Set down all of the records exactly, leaving none out.

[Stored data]
++++++++++

//! The counts of a window, carried along the columns of a row.
ghost use Rattle.std.specs.Prelude.{◌≡◌, ◌++◌, ◌+◌, ◌≤◌, ◌<◌, length, drop};
ghost use Rattle.std.proofs.Math.IntN.{sub_ℕ};
ghost use Rattle.arith.specs.Tab.{tab};
ghost use Rattle.levels.specs.Levels.{ranked};
ghost use Rattle.histograms.specs.Windows.{column_count};
ghost use Rattle.histograms.specs.Spans.{span_of, slid_to, BandFits, LaneOf, RunOf, Holds, Carried, Written};

use layout::Rect;
use levels::{find, slide};

/// A window on a row: how many columns its lead is ahead of the pixel, or behind it, and how many columns it covers; the columns of
/// the row, the levels that are counted, and the rank.
#[derive(Clone, Copy)]
pub struct Span {
    pub ahead: usize,
    pub behind: usize,
    pub columns: usize,
    pub width: usize,
    pub levels: usize,
    pub rank: u32,
}

/// The span of a window.
pub fn span_of(d: Rect, width: usize, levels: usize, rank: u32) -> Span
    ensures { result ≡ span_of d width levels rank }
{
    let lead = i32::from(d.leadcol);
    Span {
        ahead: lead.max(0) as usize,
        behind: (-lead).max(0) as usize,
        columns: d.columns() as usize,
        width,
        levels,
        rank,
    }
}

/// The counts of a row under a window that slides along it, and zeros for the columns outside the row.
#[derive(Clone, Copy)]
pub struct Band<'a> {
    pub counts: &'a [u16],
    pub zeros: &'a [u16],
    pub span: Span,
}

/// The counts of the columns of some pixels: each `step` places of the line after the one before. Outside the row the line is zeros, and
/// the step 0.
#[derive(Clone, Copy)]
pub struct Lane<'a> {
    pub line: &'a [u16],
    pub step: usize,
    pub count: usize,
}

/// Pixels from one on, so many, with the lanes of the columns that enter and of those that leave.
#[derive(Clone, Copy)]
pub struct Run<'a> {
    pub from: usize,
    pub count: usize,
    pub on: Lane<'a>,
    pub off: Lane<'a>,
}

impl<'a> Band<'a> {
    /// The counts of column k - back, or zeros where the row has no such column.
    fn column(self, k: usize, back: usize) -> &'a [u16]
        requires { BandFits self.span self.counts.now self.zeros.now }
        ensures { result.now ≡ tab self.entry.span.levels (λ u. column_count self.entry.counts.now self.entry.span.width u (sub_ℕ k back)) }
    {
        let levels = self.span.levels;
        if k < back {
            return &self.zeros[..levels];
        }
        let j = k - back;
        if self.span.width <= j {
            return &self.zeros[..levels];
        }
        let at = j * 256;
        &self.counts[at..at + levels]
    }

    /// The window slides on by one column, after k of them: column k - behind enters.
    fn next_window(self, window: &mut [u16], k: usize)
        requires { BandFits self.span self.counts.now self.zeros.now × Holds self.span self.counts.now k window.old }
        ensures { window.new
            ≡ tab self.entry.span.levels (slid_to self.entry.counts.now self.entry.span (k + 1)) ++ drop self.entry.span.levels window.old }
    {
        let on = self.column(k, self.span.behind);
        let off = self.column(k, self.span.behind + self.span.columns);
        slide(&mut window[..self.span.levels], off, on);
    }

    /// The window slides up to the first pixel's, from zero counts.
    fn first_window(self, window: &mut [u16])
        requires { BandFits self.span self.counts.now self.zeros.now × Holds self.span self.counts.now 0 window.old }
        ensures { window.new
            ≡ tab self.entry.span.levels (slid_to self.entry.counts.now self.entry.span self.entry.span.ahead)
            ++ drop self.entry.span.levels window.old }
    {
        for k in 0..self.span.ahead {
            self.next_window(window, k);
        }
    }

    /// The columns from k - back on, at most so many, that lie all in the row or all outside it.
    fn lane_of(self, k: usize, back: usize, most: usize) -> Lane<'a>
        requires { BandFits self.span self.counts.now self.zeros.now }
        ensures { LaneOf self.entry.span self.entry.counts.now k back most result }
    {
        let width = self.span.width;
        if k < back {
            return Lane {
                line: self.zeros,
                step: 0,
                count: most.min(back - k),
            };
        }
        let j = k - back;
        if width <= j {
            return Lane {
                line: self.zeros,
                step: 0,
                count: most,
            };
        }
        Lane {
            line: &self.counts[j * 256..],
            step: 256,
            count: most.min(width - j),
        }
    }

    /// The pixels from column c on at which the entering columns lie all in the row or all outside it, and the leaving ones too.
    fn run_of(self, c: usize) -> Run<'a>
        requires { BandFits self.span self.counts.now self.zeros.now × (c < self.span.width) }
        ensures { RunOf self.entry.span self.entry.counts.now result × (result.from ≡ c) × (1 ≤ result.count) }
    {
        let s = self.span;
        let k = c + s.ahead;
        let on = self.lane_of(k, s.behind, s.width - c);
        let off = self.lane_of(k, s.behind + s.columns, on.count);
        Run {
            from: c,
            count: off.count,
            on,
            off,
        }
    }

    /// The level of the rank at each pixel of a run, into its place of the output. The columns of a lane stand at even distances, so that
    /// the compiler asks once a run, and not at each pixel, whether the stores overlap.
    fn run_windows(self, out: &mut [i32], window: &mut [u16], r: Run<'a>)
        requires { BandFits self.span self.counts.now self.zeros.now × Holds self.span self.counts.now (r.from + self.span.ahead) window.old
            × (self.span.width ≤ length out.old) × RunOf self.span self.counts.now r }
        ensures { Carried self.entry.span self.entry.counts.now r.entry.from (r.entry.from + r.entry.count) out.old window.old
            out.new window.new }
    {
        let s = self.span;
        let on = r.on.line;
        let off = r.off.line;
        for i in 0..r.count {
            let p = i * r.on.step;
            let q = i * r.off.step;
            slide(
                &mut window[..s.levels],
                &off[q..q + s.levels],
                &on[p..p + s.levels],
            );
            out[r.from + i] = find(&window[..s.levels], s.rank);
        }
    }

    /// The level of the rank at every column of the row, into the first places of the output.
    fn each_window(self, out: &mut [i32], window: &mut [u16])
        requires { BandFits self.span self.counts.now self.zeros.now × Holds self.span self.counts.now self.span.ahead window.old
            × (self.span.width ≤ length out.old) }
        ensures { Written self.entry.span self.entry.counts.now out.old window.old out.new window.new }
    {
        // A `while`: each run says how far on the next begins.
        let mut c = 0;
        while c < self.span.width {
            let r = self.run_of(c);
            self.run_windows(out, window, r);
            c += r.count;
        }
    }

    /// The filtered row of these counts, with the window counts carried along; they are zero at the start.
    pub fn write_row(self, out: &mut [i32], window: &mut [u16])
        requires { BandFits self.span self.counts.now self.zeros.now × Holds self.span self.counts.now 0 window.old
            × (self.span.width ≤ length out.old) }
        ensures { Written self.entry.span self.entry.counts.now out.old window.old out.new window.new }
    {
        self.first_window(window);
        self.each_window(out, window);
    }
}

++++++++++

Response:
//! The counts of a window, carried along the columns of a row.
ghost use Rattle.std.specs.Prelude.{◌≡◌, ◌++◌, ◌+◌, ◌≤◌, ◌<◌, length, drop};
ghost use Rattle.std.proofs.Math.IntN.{sub_ℕ};
ghost use Rattle.arith.specs.Tab.{tab};
ghost use Rattle.levels.specs.Levels.{ranked};
ghost use Rattle.histograms.specs.Windows.{column_count};
ghost use Rattle.histograms.specs.Spans.{span_of, slid_to, BandFits, LaneOf, RunOf, Holds, Carried, Written};

use layout::Rect;
use levels::{find, slide};

/// A window on a row: how many columns its lead is ahead of the pixel, or behind it, and how many columns it covers; the columns of
/// the row, the levels that are counted, and the rank.
#[derive(Clone, Copy)]
pub struct Span {
    pub ahead: usize,
    pub behind: usize,
    pub columns: usize,
    pub width: usize,
    pub levels: usize,
    pub rank: u32,
}

/// The span of a window.
pub fn span_of(d: Rect, width: usize, levels: usize, rank: u32) -> Span
    ensures { result ≡ span_of d width levels rank }
{
    let lead = i32::from(d.leadcol);
    Span {
        ahead: lead.max(0) as usize,
        behind: (-lead).max(0) as usize,
        columns: d.columns() as usize,
        width,
        levels,
        rank,
    }
}

/// The counts of a row under a window that slides along it, and zeros for the columns outside the row.
#[derive(Clone, Copy)]
pub struct Band<'a> {
    pub counts: &'a [u16],
    pub zeros: &'a [u16],
    pub span: Span,
}

/// The counts of the columns of some pixels: each `step` places of the line after the one before. Outside the row the line is zeros, and
/// the step 0.
#[derive(Clone, Copy)]
pub struct Lane<'a> {
    pub line: &'a [u16],
    pub step: usize,
    pub count: usize,
}

/// Pixels from one on, so many, with the lanes of the columns that enter and of those that leave.
#[derive(Clone, Copy)]
pub struct Run<'a> {
    pub from: usize,
    pub count: usize,
    pub on: Lane<'a>,
    pub off: Lane<'a>,
}

impl<'a> Band<'a> {
    /// The counts of column k - back, or zeros where the row has no such column.
    fn column(self, k: usize, back: usize) -> &'a [u16]
        requires { BandFits self.span self.counts.now self.zeros.now }
        ensures { result.now ≡ tab self.entry.span.levels (λ u. column_count self.entry.counts.now self.entry.span.width u (sub_ℕ k back)) }
    {
        let levels = self.span.levels;
        if k < back {
            return &self.zeros[..levels];
        }
        let j = k - back;
        if self.span.width <= j {
            return &self.zeros[..levels];
        }
        let at = j * 256;
        &self.counts[at..at + levels]
    }

    /// The window slides on by one column, after k of them: column k - behind enters.
    fn next_window(self, window: &mut [u16], k: usize)
        requires { BandFits self.span self.counts.now self.zeros.now × Holds self.span self.counts.now k window.old }
        ensures { window.new
            ≡ tab self.entry.span.levels (slid_to self.entry.counts.now self.entry.span (k + 1)) ++ drop self.entry.span.levels window.old }
    {
        let on = self.column(k, self.span.behind);
        let off = self.column(k, self.span.behind + self.span.columns);
        slide(&mut window[..self.span.levels], off, on);
    }

    /// The window slides up to the first pixel's, from zero counts.
    fn first_window(self, window: &mut [u16])
        requires { BandFits self.span self.counts.now self.zeros.now × Holds self.span self.counts.now 0 window.old }
        ensures { window.new
            ≡ tab self.entry.span.levels (slid_to self.entry.counts.now self.entry.span self.entry.span.ahead)
            ++ drop self.entry.span.levels window.old }
    {
        for k in 0..self.span.ahead {
            self.next_window(window, k);
        }
    }

    /// The columns from k - back on, at most so many, that lie all in the row or all outside it.
    fn lane_of(self, k: usize, back: usize, most: usize) -> Lane<'a>
        requires { BandFits self.span self.counts.now self.zeros.now }
        ensures { LaneOf self.entry.span self.entry.counts.now k back most result }
    {
        let width = self.span.width;
        if k < back {
            return Lane {
                line: self.zeros,
                step: 0,
                count: most.min(back - k),
            };
        }
        let j = k - back;
        if width <= j {
            return Lane {
                line: self.zeros,
                step: 0,
                count: most,
            };
        }
        Lane {
            line: &self.counts[j * 256..],
            step: 256,
            count: most.min(width - j),
        }
    }

    /// The pixels from column c on at which the entering columns lie all in the row or all outside it, and the leaving ones too.
    fn run_of(self, c: usize) -> Run<'a>
        requires { BandFits self.span self.counts.now self.zeros.now × (c < self.span.width) }
        ensures { RunOf self.entry.span self.entry.counts.now result × (result.from ≡ c) × (1 ≤ result.count) }
    {
        let s = self.span;
        let k = c + s.ahead;
        let on = self.lane_of(k, s.behind, s.width - c);
        let off = self.lane_of(k, s.behind + s.columns, on.count);
        Run {
            from: c,
            count: off.count,
            on,
            off,
        }
    }

    /// The level of the rank at each pixel of a run, into its place of the output. The columns of a lane stand at even distances, so that
    /// the compiler asks once a run, and not at each pixel, whether the stores overlap.
    fn run_windows(self, out: &mut [i32], window: &mut [u16], r: Run<'a>)
        requires { BandFits self.span self.counts.now self.zeros.now × Holds self.span self.counts.now (r.from + self.span.ahead) window.old
            × (self.span.width ≤ length out.old) × RunOf self.span self.counts.now r }
        ensures { Carried self.entry.span self.entry.counts.now r.entry.from (r.entry.from + r.entry.count) out.old window.old
            out.new window.new }
    {
        let s = self.span;
        let on = r.on.line;
        let off = r.off.line;
        for i in 0..r.count {
            let p = i * r.on.step;
            let q = i * r.off.step;
            slide(
                &mut window[..s.levels],
                &off[q..q + s.levels],
                &on[p..p + s.levels],
            );
            out[r.from + i] = find(&window[..s.levels], s.rank);
        }
    }

    /// The level of the rank at every column of the row, into the first places of the output.
    fn each_window(self, out: &mut [i32], window: &mut [u16])
        requires { BandFits self.span self.counts.now self.zeros.now × Holds self.span self.counts.now self.span.ahead window.old
            × (self.span.width ≤ length out.old) }
        ensures { Written self.entry.span self.entry.counts.now out.old window.old out.new window.new }
    {
        // A `while`: each run says how far on the next begins.
        let mut c = 0;
        while c < self.span.width {
            let r = self.run_of(c);
            self.run_windows(out, window, r);
            c += r.count;
        }
    }

    /// The filtered row of these counts, with the window counts carried along; they are zero at the start.
    pub fn write_row(self, out: &mut [i32], window: &mut [u16])
        requires { BandFits self.span self.counts.now self.zeros.now × Holds self.span self.counts.now 0 window.old
            × (self.span.width ≤ length out.old) }
        ensures { Written self.entry.span self.entry.counts.now out.old window.old out.new window.new }
    {
        self.first_window(window);
        self.each_window(out, window);
    }
}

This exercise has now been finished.